***** SOURCE MATERIAL *****

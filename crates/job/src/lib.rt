// Reads a job text: the cutter parts it into lines, the records tell their kinds, words and numbers, the reader makes the job.
#![tactic(auto)]

ghost use Rattle.std.specs.Prelude.{◌≡◌};
ghost use Rattle.job.specs.Laws.{ReadLaw};
ghost use Rattle.job.specs.Reading.{outcome};
ghost use Rattle.job.specs.Shown.{shown};

use duties::Window;
use maps::Queue;

mod cutter;
mod faults;
mod fields;
mod reader;
mod records;

pub use faults::{CutFault, JobFault, Layer, RecordFault};

// What a job text asks: to keep this duty on this map.
#[derive(Clone, Copy, Debug, PartialEq, Eq)]
pub struct Job {
    pub duty: Window,
    pub map: Queue,
}

// The job that a text says, or the fault of its first unfit line.
pub fn read(text: &[u8]) -> Result<Job, JobFault>
    ensures outcome { shown result ≡ outcome text.now }
    ensures law { ReadLaw text.now (shown result) }
{
    reader::Reader::new(text).read()
}
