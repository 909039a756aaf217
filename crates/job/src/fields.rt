// Parts a line into fields, and reads a field as a number.
ghost use Rattle.std.specs.Prelude.{◌≡◌, ◌-◌, ◌≤◌, ◌==◌, ◌∷◌, map};
ghost use Rattle.job.specs.Text.{comma, fields};
ghost use Rattle.job.specs.Number.{number};
ghost use Rattle.job.specs.Inside.{seen, padded};

// The byte that parts the fields.
const COMMA: u8 = b',';

fn is_comma(byte: &u8) -> bool
    ensures { result ≡ byte.now == comma }
{
    *byte == COMMA
}

// A line's first field, and the four after it, as far as it has so many. The first is always there; it is an Option because
// `next` answers one.
pub(crate) fn first_fields<'a>(line: &'a [u8]) -> (Option<&'a [u8]>, [Option<&'a [u8]>; 4])
    ensures { seen result.0 ∷ map seen result.1 ≡ padded 5 (fields line.now) }
{
    let mut fields = line.split(is_comma);
    (
        fields.next(),
        [fields.next(), fields.next(), fields.next(), fields.next()],
    )
}

// A number of 1 to 3 digits without leading zero. By its digits and not by `parse`, which takes a sign and leading zeros.
pub(crate) fn read_number(field: &[u8]) -> Option<u16>
    ensures { result ≡ number field.now }
{
    match *field {
        [a @ b'0'..=b'9'] => Some(digit_value(a)),
        [a @ b'1'..=b'9', b @ b'0'..=b'9'] => Some(10 * digit_value(a) + digit_value(b)),
        [a @ b'1'..=b'9', b @ b'0'..=b'9', c @ b'0'..=b'9'] => Some(
            100 * digit_value(a) + 10 * digit_value(b) + digit_value(c),
        ),
        _ => None,
    }
}

fn digit_value(digit: u8) -> u16
    requires { 48 ≤ digit }
    ensures { result ≡ digit - 48 }
{
    u16::from(digit - b'0')
}
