// Why a text is refused. Each layer has its faults, and carries those of the layer below it whole.
ghost use Rattle.std.specs.Prelude.{◌≡◌};
ghost use Rattle.job.specs.declared.faults.RecordFault.TheVariants.{Cut};
ghost use Rattle.job.specs.declared.faults.JobFault.TheVariants.{Record};
ghost use Rattle.job.specs.Faults.{report};

// No line can be cut.
#[derive(Clone, Copy, Debug, PartialEq, Eq)]
pub enum CutFault {
    // the text ends in a piece without an LF
    NoEnd { line: usize },
    // more bytes than a line may have come without an LF
    TooLong { line: usize },
}

// A field cannot be read. Line and field stand in each case, and not in a struct of the two: each is told alone.
#[derive(Clone, Copy, Debug, PartialEq, Eq)]
pub enum RecordFault {
    Cut(CutFault),
    NotNumber { line: usize, field: u8 },
    UnknownWord { line: usize, field: u8 },
}

// The lines do not make a job. A field is named here as it is in RecordFault.
#[derive(Clone, Copy, Debug, PartialEq, Eq)]
pub enum JobFault {
    Record(RecordFault),
    // the keyword is not due, or the number of fields is wrong
    NotDue { line: usize },
    // the text ends where this line is due
    EndsEarly { line: usize },
    OutOfRange { line: usize, field: u8 },
}

// The layer of the reader that finds a fault.
#[derive(Clone, Copy, Debug, PartialEq, Eq)]
pub enum Layer {
    Cutter,
    Record,
    Job,
}

// Written out and not derived: a clause names the case that `?` makes, and a derived From promises none.
impl From<CutFault> for RecordFault {
    ghost from_gives = { λ e r. r ≡ Cut e };

    fn from(e: CutFault) -> RecordFault {
        RecordFault::Cut(e)
    }
}

impl From<RecordFault> for JobFault {
    ghost from_gives = { λ e r. r ≡ Record e };

    fn from(e: RecordFault) -> JobFault {
        JobFault::Record(e)
    }
}

impl JobFault {
    // The number that the refusal's line prints; code matches on the cases.
    pub fn number(self) -> u8
        ensures { result ≡ (report self).number }
    {
        match self {
            JobFault::Record(RecordFault::Cut(_)) => 11,
            JobFault::NotDue { .. } | JobFault::EndsEarly { .. } => 12,
            JobFault::Record(_) => 13,
            JobFault::OutOfRange { .. } => 14,
        }
    }

    // The line, from 1 on; an early end names the line after the last.
    pub fn line(self) -> usize
        ensures { result ≡ (report self).line }
    {
        match self {
            JobFault::Record(
                RecordFault::Cut(CutFault::NoEnd { line } | CutFault::TooLong { line }),
            ) => line,
            JobFault::Record(
                RecordFault::NotNumber { line, .. } | RecordFault::UnknownWord { line, .. },
            ) => line,
            JobFault::NotDue { line }
            | JobFault::EndsEarly { line }
            | JobFault::OutOfRange { line, .. } => line,
        }
    }

    // The field, from 1 on, the keyword being the first; 0 where the fault names none.
    // A number and no Option: it is the number that the refusal's line prints.
    pub fn field(self) -> u8
        ensures { result ≡ (report self).field }
    {
        match self {
            JobFault::Record(
                RecordFault::NotNumber { field, .. } | RecordFault::UnknownWord { field, .. },
            ) => field,
            JobFault::OutOfRange { field, .. } => field,
            _ => 0,
        }
    }

    pub fn layer(self) -> Layer
        ensures { result ≡ (report self).layer }
    {
        match self {
            JobFault::Record(RecordFault::Cut(_)) => Layer::Cutter,
            JobFault::Record(_) => Layer::Record,
            _ => Layer::Job,
        }
    }
}
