// Cuts a text into lines. What ends a line, and how long one may be, is known here alone.
ghost use Rattle.std.specs.Prelude.{◌≡◌, ◌+◌, ◌^◌, ◌<◌, ◌≤◌, ◌==◌, length, take, position, MatchOption, IfSome, MatchResult};
ghost use Rattle.job.specs.Text.{line_end, line_limit};
ghost use Rattle.job.specs.Cutting.{Ended, CutOff, Uncut};

use crate::faults::CutFault;

// The byte that ends a line.
const LINE_END: u8 = b'\n';

// The most bytes that may stand before it.
const LINE_LIMIT: usize = 64;

// What is left of a text, after so many lines.
#[derive(Drop)]
pub(crate) struct Cutter<'a> {
    rest: &'a [u8],
    line: usize,
    ghost countable: { line + length rest.now < 2 ^ 63 },
}

impl<'a> Cutter<'a> {
    pub(crate) fn new(text: &'a [u8]) -> Cutter<'a>
        ensures whole { result.rest.now ≡ text.now }
        ensures first { result.line ≡ 0 }
    {
        Cutter {
            rest: text,
            line: 0,
        }
    }

    // How many lines have been cut.
    pub(crate) fn line(&self) -> usize
        ensures { result ≡ self.now.line }
    {
        self.line
    }

    // The next line without its end; none at the end of the text.
    // No Iterator: each item would be a Result, and after a fault the same fault would come for ever.
    #[tactic(auto, using(std::proofs::lemmas::List::nil_from_length))]
    pub(crate) fn next(&mut self) -> Result<Option<&'a [u8]>, CutFault>
        ensures { MatchResult result
            (λ o. MatchOption o
            (Ended self.old.rest.now × (self.new ≡ self.old))
            (λ l. CutOff self.old.rest.now l.now self.new.rest.now
            × (self.new.line ≡ self.old.line + 1)
            × (length self.new.rest.now < length self.old.rest.now)))
            (λ e. Uncut self.old.rest.now (self.old.line + 1) e × (self.new ≡ self.old)) }
    {
        if self.rest.is_empty() {
            return Ok(None);
        }
        let (line, rest) = cut_line(self.rest, self.line + 1)?;
        self.rest = rest;
        self.line += 1;
        Ok(Some(line))
    }
}

// The first line of a text that is not empty, and what comes after its end.
#[tactic(auto, using(crate::proofs::Places::cut_at, crate::proofs::Places::too_long, crate::proofs::Places::not_ended))]
fn cut_line<'a>(text: &'a [u8], line: usize) -> Result<(&'a [u8], &'a [u8]), CutFault>
    requires { 0 < length text.now }
    ensures { MatchResult result
        (λ p. CutOff text.now p.0.now p.1.now × (length p.1.now < length text.now))
        (λ e. Uncut text.now line e) }
{
    match line_end(text) {
        Some(end) => Ok((&text[..end], &text[end + 1..])),
        None if text.len() > LINE_LIMIT => Err(CutFault::TooLong { line }),
        None => Err(CutFault::NoEnd { line }),
    }
}

// The place of the byte that ends the first line, if it comes in time.
fn line_end(text: &[u8]) -> Option<usize>
    ensures first { result ≡ position (λ b. b == line_end) (take (line_limit + 1) text.now) }
    ensures within { IfSome result (λ end. end < length text.now) }
{
    text.iter()
        .take(LINE_LIMIT + 1)
        .position(|byte| *byte == LINE_END)
}
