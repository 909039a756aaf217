// The kinds of lines, with their fields as parts of the text, and the words and numbers in their fields.
ghost use Rattle.std.specs.Prelude.{◌≡◌, ℕ, List, map, ◌+◌, Some, None, MatchResult};
ghost use Rattle.std.specs.Option.{option_map};
ghost use Rattle.job.specs.declared.faults.RecordFault.TheVariants.{NotNumber, UnknownWord};
ghost use Rattle.job.specs.Text.{fields};
ghost use Rattle.job.specs.Number.{number};
ghost use Rattle.job.specs.Kind.{keyword, kind_by, kind};
ghost use Rattle.job.specs.Reading.{duty_word};
ghost use Rattle.job.specs.Cutting.{UncutRecord};
ghost use Rattle.job.specs.Inside.{seen, padded, shown_line, Handed};

use crate::cutter::Cutter;
use crate::faults::RecordFault;
use crate::fields::{first_fields, read_number};

// The words that begin a line.
#[derive(Clone, Copy)]
pub(crate) enum Keyword {
    Duty,
    Site,
    Queue,
    Place,
    Way,
    Close,
}

impl Keyword {
    // The keyword that a word is, if it is one.
    fn read(word: &[u8]) -> Option<Keyword>
        ensures { result ≡ keyword word.now }
    {
        match word {
            b"duty" => Some(Keyword::Duty),
            b"site" => Some(Keyword::Site),
            b"queue" => Some(Keyword::Queue),
            b"place" => Some(Keyword::Place),
            b"way" => Some(Keyword::Way),
            b"close" => Some(Keyword::Close),
            _ => None,
        }
    }
}

// The words that name a duty.
#[derive(Clone, Copy)]
pub(crate) enum DutyWord {
    Window,
}

impl DutyWord {
    // The duty that a word names, if it names one.
    fn read(word: &[u8]) -> Option<DutyWord>
        ensures { result ≡ duty_word word.now }
    {
        match word {
            b"window" => Some(DutyWord::Window),
            _ => None,
        }
    }
}

// A line by its kind.
#[derive(Clone, Copy)]
pub(crate) enum Line<'a> {
    Duty {
        word: &'a [u8],
        bound: Option<&'a [u8]>,
    },
    Site {
        count: &'a [u8],
    },
    Queue {
        capacity: &'a [u8],
    },
    Place {
        number: &'a [u8],
        side: &'a [u8],
        mark: &'a [u8],
    },
    Way {
        from: &'a [u8],
        to: &'a [u8],
    },
    Close {
        from: &'a [u8],
        to: &'a [u8],
    },
}

impl<'a> Line<'a> {
    // None where the keyword is none, or the number of fields is wrong.
    pub(crate) fn read(line: &'a [u8]) -> Option<Line<'a>>
        ensures { option_map shown_line result ≡ kind line.now }
    {
        let (word, after) = first_fields(line);
        Line::after(Keyword::read(word?)?, after)
    }

    // A line by the four fields after its keyword. No kind has more than three: a fourth is one too many.
    fn after(keyword: Keyword, fields: [Option<&'a [u8]>; 4]) -> Option<Line<'a>>
        requires { (fs : List (List ℕ)) × (map seen fields ≡ padded 4 fs) }
        ensures { (fs : List (List ℕ)) → map seen fields.entry ≡ padded 4 fs → option_map shown_line result ≡ kind_by keyword fs }
    {
        match (keyword, fields) {
            (Keyword::Duty, [Some(word), bound, None, _]) => Some(Line::Duty { word, bound }),
            (Keyword::Site, [Some(count), None, ..]) => Some(Line::Site { count }),
            (Keyword::Queue, [Some(capacity), None, ..]) => Some(Line::Queue { capacity }),
            (Keyword::Place, [Some(number), Some(side), Some(mark), None]) => Some(Line::Place {
                number,
                side,
                mark,
            }),
            (Keyword::Way, [Some(from), Some(to), None, _]) => Some(Line::Way { from, to }),
            (Keyword::Close, [Some(from), Some(to), None, _]) => Some(Line::Close { from, to }),
            _ => None,
        }
    }
}

// The next line; none at the end of the text. A fault of the cutter's goes up in one of the record's.
pub(crate) fn next_line<'a>(cutter: &mut Cutter<'a>) -> Result<Option<&'a [u8]>, RecordFault>
    ensures { MatchResult result
        (λ o. Handed cutter.old o cutter.new)
        (λ e. UncutRecord cutter.old.rest.now (cutter.old.line + 1) e × (cutter.new ≡ cutter.old)) }
{
    Ok(cutter.next()?)
}

// A field to be read: its bytes, and for a fault the line that it stands in and its number there.
#[derive(Clone, Copy)]
pub(crate) struct Field<'a> {
    pub(crate) text: &'a [u8],
    pub(crate) line: usize,
    pub(crate) number: u8,
}

impl<'a> Field<'a> {
    // The number in it.
    pub(crate) fn numeral(self) -> Result<u16, RecordFault>
        ensures { MatchResult result
            (λ n. number self.entry.text.now ≡ Some n)
            (λ e. (number self.entry.text.now ≡ None) × (e ≡ NotNumber self.entry.line self.entry.number)) }
    {
        read_number(self.text).ok_or(RecordFault::NotNumber {
            line: self.line,
            field: self.number,
        })
    }

    // The duty that it names.
    pub(crate) fn duty_word(self) -> Result<DutyWord, RecordFault>
        ensures { MatchResult result
            (λ w. duty_word self.entry.text.now ≡ Some w)
            (λ e. (duty_word self.entry.text.now ≡ None) × (e ≡ UnknownWord self.entry.line self.entry.number)) }
    {
        DutyWord::read(self.text).ok_or(RecordFault::UnknownWord {
            line: self.line,
            field: self.number,
        })
    }
}
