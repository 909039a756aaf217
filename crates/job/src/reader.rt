// Reads a job: what may come next depends on what has come.
ghost use Rattle.std.specs.Prelude.{◌≡◌, ℕ, suc, ◌≤◌, Some, MatchResult};
ghost use Rattle.std.specs.Option.{option_map};
ghost use Rattle.job.specs.Number.{number};
ghost use Rattle.job.specs.Job.{capacity_top};
ghost use Rattle.job.specs.Kind.{duty_line, queue_line};
ghost use Rattle.job.specs.Reading.{Ruling, next, unfit, due_duty, due_map, within, worded, duty_word, bounded, ruled, judged, fault, at_end, outcome};
ghost use Rattle.job.specs.Inside.{seen, shown_line, state_of, goes, ahead};
ghost use Rattle.job.specs.Shown.{shown_duty, shown};

use crate::Job;
use crate::cutter::Cutter;
use crate::faults::JobFault;
use crate::records::{DutyWord, Field, Line, next_line};
use duties::Window;
use maps::Queue;

// The bound of a duty whose line leaves it out.
const DEFAULT_BOUND: u8 = 8;

// The fields of a duty's line, and of a queue's; the keyword is field 1.
const WORD: u8 = 2;

const BOUND: u8 = 3;

const CAPACITY: u8 = 2;

// What is due, with what has come.
#[derive(Clone, Copy)]
pub(crate) enum Phase {
    Duty,
    Map { duty: Window },
    // the job is whole; closings may follow once they are taken
    Close { duty: Window, map: Queue },
}

#[derive(Drop)]
pub(crate) struct Reader<'a> {
    cutter: Cutter<'a>,
    phase: Phase,
}

impl<'a> Reader<'a> {
    pub(crate) fn new(text: &'a [u8]) -> Reader<'a>
        ensures { ahead result ≡ outcome text.now }
    {
        Reader {
            cutter: Cutter::new(text),
            phase: Phase::Duty,
        }
    }

    // Reads to the end of the text.
    pub(crate) fn read(mut self) -> Result<Job, JobFault>
        ensures { shown result ≡ ahead self.entry }
    {
        while let Some(line) = next_line(&mut self.cutter)? {
            self.phase = self.phase_after(Line::read(line))?;
        }
        self.finish()
    }

    // What is due after a line that has just been cut, if its kind is due. Phase and kind are matched together, so that what
    // may follow what is said once.
    fn phase_after(&self, kind: Option<Line<'a>>) -> Result<Phase, JobFault>
        ensures { judged self.now.cutter.line (state_of self.now.phase) (option_map shown_line kind.entry)
            ≡ goes result (λ phase. next (state_of phase)) }
    {
        let line = self.cutter.line();
        match (self.phase, kind) {
            (Phase::Duty, Some(Line::Duty { word, bound })) => Ok(Phase::Map {
                duty: duty_record(line, word, bound)?,
            }),
            (Phase::Map { duty }, Some(Line::Queue { capacity })) => Ok(Phase::Close {
                duty,
                map: queue_record(line, capacity)?,
            }),
            _ => Err(JobFault::NotDue { line }),
        }
    }

    // The job, where the text ends.
    fn finish(self) -> Result<Job, JobFault>
        ensures { shown result ≡ at_end (state_of self.entry.phase) (suc self.entry.cutter.line) }
    {
        match self.phase {
            Phase::Duty | Phase::Map { .. } => Err(JobFault::EndsEarly {
                line: self.cutter.line() + 1,
            }),
            Phase::Close { duty, map } => Ok(Job { duty, map }),
        }
    }
}

// The number in a field as a byte. All limits are below 256, so a number that is no byte is outside them.
fn small_number(field: Field) -> Result<u8, JobFault>
    ensures { MatchResult result
        (λ b. number field.entry.text.now ≡ Some b)
        (λ e. (low top : ℕ) (go : ℕ → Ruling) → top ≤ 256 → within field.entry.line field.entry.number low top field.entry.text.now go ≡ unfit e) }
{
    u8::try_from(field.numeral()?).map_err(|_| JobFault::OutOfRange {
        line: field.line,
        field: field.number,
    })
}

// A duty's fields. The limits of its bound are the duty's own.
fn duty_record(line: usize, word: &[u8], bound: Option<&[u8]>) -> Result<Window, JobFault>
    ensures { worded line 2 (duty_word word.now) (bounded line (seen bound.entry))
        ≡ goes result (λ w. next (due_map (shown_duty w))) }
{
    let DutyWord::Window = Field {
        text: word,
        line,
        number: WORD,
    }
    .duty_word()?;
    let number = match bound {
        Some(text) => small_number(Field {
            text,
            line,
            number: BOUND,
        })?,
        None => DEFAULT_BOUND,
    };
    Window::new(number).map_err(|_| JobFault::OutOfRange { line, field: BOUND })
}

// A queue's field. The limits of its capacity are the queue's own. Two records and no generic one: a duty's line has a word
// and may leave its bound out.
fn queue_record(line: usize, capacity: &[u8]) -> Result<Queue, JobFault>
    ensures { (go : ℕ → Ruling) → within line 2 1 capacity_top capacity.now go ≡ goes result (λ q. go q.capacity) }
{
    let number = small_number(Field {
        text: capacity,
        line,
        number: CAPACITY,
    })?;
    Queue::new(number).map_err(|_| JobFault::OutOfRange {
        line,
        field: CAPACITY,
    })
}
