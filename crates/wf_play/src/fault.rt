//! Why a run of a script ends before its end.

ghost use Rattle.std.specs.Prelude.{◌≡◌};
ghost use Rattle.wf_play.specs.Fault.{order_fault};

use thiserror::Error;
use wf_farm::CarrierFault;
use wf_script::ScriptFault;

/// Why a run of a script ended before its end. The text is the line for standard error.
#[derive(Clone, Copy, Debug, PartialEq, Eq, Error)]
pub enum PlayFault {
    /// The input is no script, or an allocation failed.
    #[error("script fault {0}")]
    Script(ScriptFault),
    /// The reader failed; nothing was read as a script.
    #[error("read fault")]
    Read,
    /// The writer failed; a part of the output may be written.
    #[error("write fault")]
    Write,
    /// A message wasn't carried to its node, or couldn't be cut off; the output of the orders
    /// before is written.
    #[error("wire fault")]
    Wire,
}

/// The error of the order at this line, by why it isn't performed to its end.
pub(crate) fn fault_at_line(fault: CarrierFault, line: usize) -> PlayFault
    ensures { result ≡ order_fault fault line }
{
    match fault {
        CarrierFault::Memory => PlayFault::Script(ScriptFault::Memory(line)),
        CarrierFault::Lost => PlayFault::Wire,
    }
}
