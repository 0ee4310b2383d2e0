//! Why bytes aren't a mapfile.
ghost use Rattle.std.specs.Prelude.{◌≡◌};
ghost use Rattle.wf_block.specs.Faults.{byte_offset, code};

use crate::token::{LexFault, LexFaultKind};
use std::alloc::{AllocError, AllocFailed};
use std::error::Error;
use std::fmt;

/// The first error of a mapfile, from the left. Byte offsets count from the front of the file,
/// from 0.
#[derive(Clone, Copy, PartialEq, Eq)]
pub enum MapFault {
    /// Allocation failed; the bytes may be a mapfile.
    Memory,
    /// The file is longer than a mapfile may be.
    TooLong,
    /// The file isn't UTF-8: the first byte of the ill-formed sequence.
    NotUtf8(usize),
    /// A quote or a comment that isn't closed (its first byte), or a byte that no token may hold.
    BadToken(usize),
    /// Not the keyword, block, choice or kind of argument that is expected.
    UnexpectedWord(usize),
    /// The file ends inside MAP: its length.
    MissingEnd(usize),
    /// A malformed number or colour.
    BadNumber(usize),
    /// A value outside its range: its token, or the keyword EXTENT of an empty extent.
    OutOfRange(usize),
    /// A required keyword, or MAP itself, is missing.
    Missing,
    /// A keyword or a metadata key that comes a second time.
    Repeated(usize),
    /// More of something than a map may have.
    TooMany,
    /// A token after MAP's END.
    Trailing(usize),
}

impl MapFault {
    /// The number of the error, such as M5.
    #[tactic(auto, unfolding(crate::specs::Faults::code))]
    pub fn code(self) -> &'static str
        ensures { result.now ≡ code self }
    {
        match self {
            MapFault::Memory => "M1",
            MapFault::TooLong => "M2",
            MapFault::NotUtf8(_) => "M3",
            MapFault::BadToken(_) => "M4",
            MapFault::UnexpectedWord(_) => "M5",
            MapFault::MissingEnd(_) => "M6",
            MapFault::BadNumber(_) => "M7",
            MapFault::OutOfRange(_) => "M8",
            MapFault::Missing => "M9",
            MapFault::Repeated(_) => "M10",
            MapFault::TooMany => "M11",
            MapFault::Trailing(_) => "M12",
        }
    }

    /// The byte offset of the error, if it has one.
    #[tactic(auto, unfolding(crate::specs::Faults::byte_offset))]
    pub fn byte_offset(self) -> Option<usize>
        ensures { result ≡ byte_offset self }
    {
        match self {
            MapFault::NotUtf8(byte_offset)
            | MapFault::BadToken(byte_offset)
            | MapFault::UnexpectedWord(byte_offset)
            | MapFault::MissingEnd(byte_offset)
            | MapFault::BadNumber(byte_offset)
            | MapFault::OutOfRange(byte_offset)
            | MapFault::Repeated(byte_offset)
            | MapFault::Trailing(byte_offset) => Some(byte_offset),
            MapFault::Memory | MapFault::TooLong | MapFault::Missing | MapFault::TooMany => None,
        }
    }
}

// Written by hand: if it were derived, each case would print its text by calls of its own.
impl fmt::Display for MapFault {
    fn fmt<W: fmt::Write>(&self, f: &mut fmt::Formatter<W>) -> fmt::Result {
        f.write_str(self.code())?;
        match self.byte_offset() {
            Some(byte_offset) => write!(f, " at {byte_offset}"),
            None => Ok(()),
        }
    }
}

impl fmt::Debug for MapFault {
    fn fmt<W: fmt::Write>(&self, f: &mut fmt::Formatter<W>) -> fmt::Result {
        fmt::Display::fmt(self, f)
    }
}

impl Error for MapFault {}

impl From<LexFault> for MapFault {
    ghost use Rattle.std.specs.Prelude.{◌≡◌, false};
    ghost use Rattle.wf_block.specs.ReadContract.{is_memory};

    ghost from_gives = { λ _ e. is_memory e ≡ false };

    fn from(fault: LexFault) -> MapFault {
        match fault.kind {
            LexFaultKind::BadToken => MapFault::BadToken(fault.byte_offset),
            LexFaultKind::OutOfRange => MapFault::OutOfRange(fault.byte_offset),
        }
    }
}

impl From<AllocError> for MapFault {
    ghost use Rattle.std.specs.Prelude.{◌≡◌};
    ghost use Rattle.wf_block.specs.declared.fault.MapFault.TheVariants.{Memory};

    ghost from_gives = { λ _ e. e ≡ Memory };

    fn from(_e: AllocError) -> MapFault {
        MapFault::Memory
    }
}

impl<T: Drop> From<AllocFailed<T>> for MapFault {
    ghost use Rattle.std.specs.Prelude.{◌≡◌};
    ghost use Rattle.wf_block.specs.declared.fault.MapFault.TheVariants.{Memory};

    ghost from_gives = { λ _ e. e ≡ Memory };

    fn from(_e: AllocFailed<T>) -> MapFault {
        MapFault::Memory
    }
}
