//! A node in memory that is opened on an empty tape, and one that is closed and opened again.

ghost use Rattle.std.specs.Prelude.{◌≡◌, ◌<◌, ◌≤◌, false, IfErr, IfOk};
ghost use Rattle.wf_delivery.specs.Reachability.{IsFresh};
ghost use Rattle.wf_delivery.specs.ReopenedNodes.{IsReopened};
ghost use Rattle.wf_node.specs.Images.{AllStandFor};
ghost use Rattle.wf_node.specs.Node.{stored_of};
ghost use Rattle.wf_tape.specs.MemoryTape.{IsImageNow, NeverFails};

use std::alloc::{AllocError, Global};
use wf_ballot::NodeId;
use wf_node::Node;
use wf_tape::MemoryTape;

/// Returns node `id` of n, on an empty tape in memory: it runs, with all parts empty. Err if an
/// allocation fails.
#[tactic(auto, using(crate::proofs::Stored::opened_fresh))]
pub fn open_fresh(alloc: Global, id: NodeId, n: u8) -> Result<Node<MemoryTape>, AllocError>
    requires most { n ≤ 64 }
    requires member { id < n }
    ensures fresh { IfOk result IsFresh }
    ensures id { IfOk result (λ node. node.id ≡ id) }
    ensures n { IfOk result (λ node. node.n ≡ n) }
    ensures fuse { IfOk result (λ node. NeverFails node.tape) }
{
    match Node::open(alloc, MemoryTape::new(Vec::new(alloc)), id, n) {
        Ok(node) => Ok(node),
        // An empty tape is rejected only for allocation failure.
        Err((tape, _)) => {
            drop(tape);
            Err(AllocError)
        }
    }
}

/// Closes a node in memory and opens it again from its tape, as the same one of n nodes: it stops
/// and restarts. Err if an allocation fails: the tape is returned, and stands for what the node had
/// stored.
pub fn reopen(alloc: Global, node: Node<MemoryTape>, n: u8) -> Result<Node<MemoryTape>, MemoryTape>
    requires most { n ≤ 64 }
    requires member { node.id < n }
    ensures again { IfOk result (IsReopened node.tape.bytes node) }
    ensures id { IfOk result (λ again. again.id ≡ node.id) }
    ensures n { IfOk result (λ again. again.n ≡ n) }
    ensures kept { IfErr result (λ tape.
        node.halted ≡ false → AllStandFor (stored_of node) (IsImageNow tape)) }
{
    let id = node.id();
    match Node::open(alloc, node.close(), id, n) {
        Ok(again) => Ok(again),
        // A tape in memory that a node left, and that has no fuse, is rejected only for allocation
        // failure.
        Err((tape, _)) => Err(tape),
    }
}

*****

Working through the entries line by line, count those containing "into" and report only the number.

_EXERCISE SOLUTION_:
3